I firmly believe that there’s a perfect drink for just about any occasion. The first warm day of spring? That right there calls for a crisp rosé. A chilly evening spent cuddling on the couch sounds like a great time to reach for the whiskey and whip up a hot toddy. And a sweltering summer night calls for a tart margarita, in my opinion. The one thing I never find myself reaching for, however, is beer. Whether hoppy or wheat-forward, I typically find myself experiencing an immediate discomfort from the frothy drink. Despite its low price point and reliability, whenever I’m presented with the choice between wine, beer, or something harder, I’ll almost never choose a beer. Between the bloating and the burping, I just never think of drinking beer as “worth it.”
I’ve never before had an issue with wheat products (though I’ve a bevy of other food allergies), but I started wondering—could gluten be my enemy when it comes to beer? I decided to investigate. The influx of gluten-free products over the years has been a windfall for those who’ve suffered from Celiac disease, dermatitis herpetiformis, and other gluten-sensitivity disorders. But as a.) I do not suffer from any of these issues and b.) my love of bread rivals only Oprah’s, I’ve never had to go out of my way to try many of these GF products. The few I have actually tried—from gluten-free puff pastry to pizza—have always varied in terms of taste and texture from their glutinous counterparts. I was concerned this might be the case with gluten-free beer.
Enter: Omission Brewing Company. The beers from this company are different than your typical gluten-free products that are crafted from alternative grains. It is made much in the same way as traditional beer, but goes through a proprietary brewing program using the R5 Competitive ELISA gluten test, a trusted test amongst those suffering from Celiac. The beer is then tested by two independent labs (and internally at the brewery) to ensure that gluten levels in every batch are reduced to well below the Codex standard of 20 parts per million (ppm) or less. Translation: these beers are ideal for anyone looking to avoid or cut back on their gluten consumption.

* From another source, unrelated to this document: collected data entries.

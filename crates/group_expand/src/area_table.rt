ghost use Rattle.std.specs.Prelude.{◌≡◌, ◌<◌, ℕ, List, false, [], length, map, IfOk, IfErr};
ghost use Rattle.policy_model.specs.Objects.{AreAreas};
ghost use Rattle.policy_model.specs.FirstFault.{AreaSplit};
ghost use Rattle.topology.specs.First.{IsRefusalOf};
ghost use Rattle.topology.specs.Told.{IsTold};
ghost use Rattle.topology.specs.View.{policy_of, sources_of};
ghost use Rattle.zone_graph.specs.Grouped.{IsGraphOf};
ghost use Rattle.group_expand.specs.Seen.{site_of, numbers_of};
ghost use Rattle.group_expand.specs.Areas.{AreFirstRows, AreWhole, IsAreaRow, TellsSplit, is_cut_off};

use crate::area::{AreaFail, Areas};
use crate::border::zones_of_area;
use spoc_base::{Fault, IfId, Refusal, ZoneId};
use std::alloc::Global;
use topology::Topo;
use zone_graph::ZoneGraph;

// The fault of an area that is split at a border.
fn split_fault(topo: Topo<'_>, k: u32, i: IfId) -> Fault
    requires area { k < length (policy_of topo).areas }
    requires border { i.0 < length (policy_of topo).ifaces }
    ensures { (zones : List ℕ) → IsTold (sources_of topo.entry) (record { policy = policy_of topo.entry; zones = zones }) (AreaSplit k i.0) result }
{
    Fault::AreaSplit {
        area: topo.area(k).name,
        border: topo.iface(i).name,
    }
}

// The zones of an area, ascending. The areas before it aren't split.
fn row(alloc: Global, topo: Topo<'_>, graph: &ZoneGraph, k: u32) -> Result<Vec<ZoneId>, Refusal>
    requires graph { IsGraphOf (policy_of topo) graph.now }
    requires there { k < length (policy_of topo).areas }
    ensures zones { IfOk result (λ zones. IsAreaRow (site_of topo.entry graph.now) k (numbers_of zones.items)) }
    ensures whole { IfOk result (λ zones. (i : ℕ) → is_cut_off (site_of topo.entry graph.now) k (numbers_of zones.items) i ≡ false) }
    ensures split { IfErr result (IsRefusalOf (λ fault. (rows : List (List ℕ)) → AreFirstRows (site_of topo.entry graph.now) rows k → TellsSplit topo.entry (site_of topo.entry graph.now) fault)) }
{
    match zones_of_area(alloc, topo, graph, k) {
        Ok(zones) => Ok(zones),
        Err(AreaFail::Split(i)) => Err(Refusal::Policy(split_fault(topo, k, i))),
        Err(AreaFail::Memory) => Err(Refusal::Memory),
    }
}

// How many areas there are.
fn area_count(topo: Topo<'_>) -> u32
    ensures { result ≡ length (policy_of topo.entry).areas }
{
    topo.areas().len() as u32
}

/// The zones of each area, unless an area is split: a border's zone isn't among its zones.
pub fn areas(alloc: Global, topo: Topo<'_>, graph: &ZoneGraph) -> Result<Areas, Refusal>
    requires { IsGraphOf (policy_of topo) graph.now }
    ensures areas { IfOk result (λ areas. AreAreas (site_of topo.entry graph.now) areas) }
    ensures whole { IfOk result (λ areas. AreWhole (site_of topo.entry graph.now) areas) }
    ensures split { IfErr result (IsRefusalOf (TellsSplit topo.entry (site_of topo.entry graph.now))) }
{
    let mut rows = Vec::new(alloc);
    for k in 0..area_count(topo) {
        match row(alloc, topo, graph, k) {
            Ok(zones) => rows.push(zones)?,
            Err(refusal) => return Err(refusal),
        }
    }
    Ok(Areas::of(rows))
}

Joe Casey, the “Brewmaster” of Omission Brewing, had worked for years with The Widmer Brothers Brewing, a craft beer brewery in Portland, Oregon. When his wife was diagnosed with Celiac disease in the early 2000s, he set out to “brew a craft beer that my wife and I could enjoy.” The company makes an “Ultimate Light,”an IPA, a Pale Ale, and a Lager.
I tried the Omission Lager, an award-winning beer that I happily didn’t find lacking in the taste department. What’s more, it was easy drinking. I definitely noticed less of that full feeling I usually get from one swig of beer. Whether that was from the gluten-free nature or something else is up for debate, but I was happy to drink this beer—a new experience for me. At 4.6% ABV, I got a decent buzz on. Omission refers to this beer as “approachable” and I’d certainly agree with that—even my beer-snob of a boyfriend thought the beer tasted great.
It’s important to note that this beer is fermented from barley, a grain containing gluten, and while it’s crafted to remove the protein, the gluten content of this beer cannot be verified, so if you do suffer from Celiac that is something to consider. The company has a really neat testing system, though, where you can check each batch’s gluten peptide content. But if you’re less concerned about wreaking havoc on your immune system and, like me, are simply looking for a little more brew and a little less belching, I say try this beer.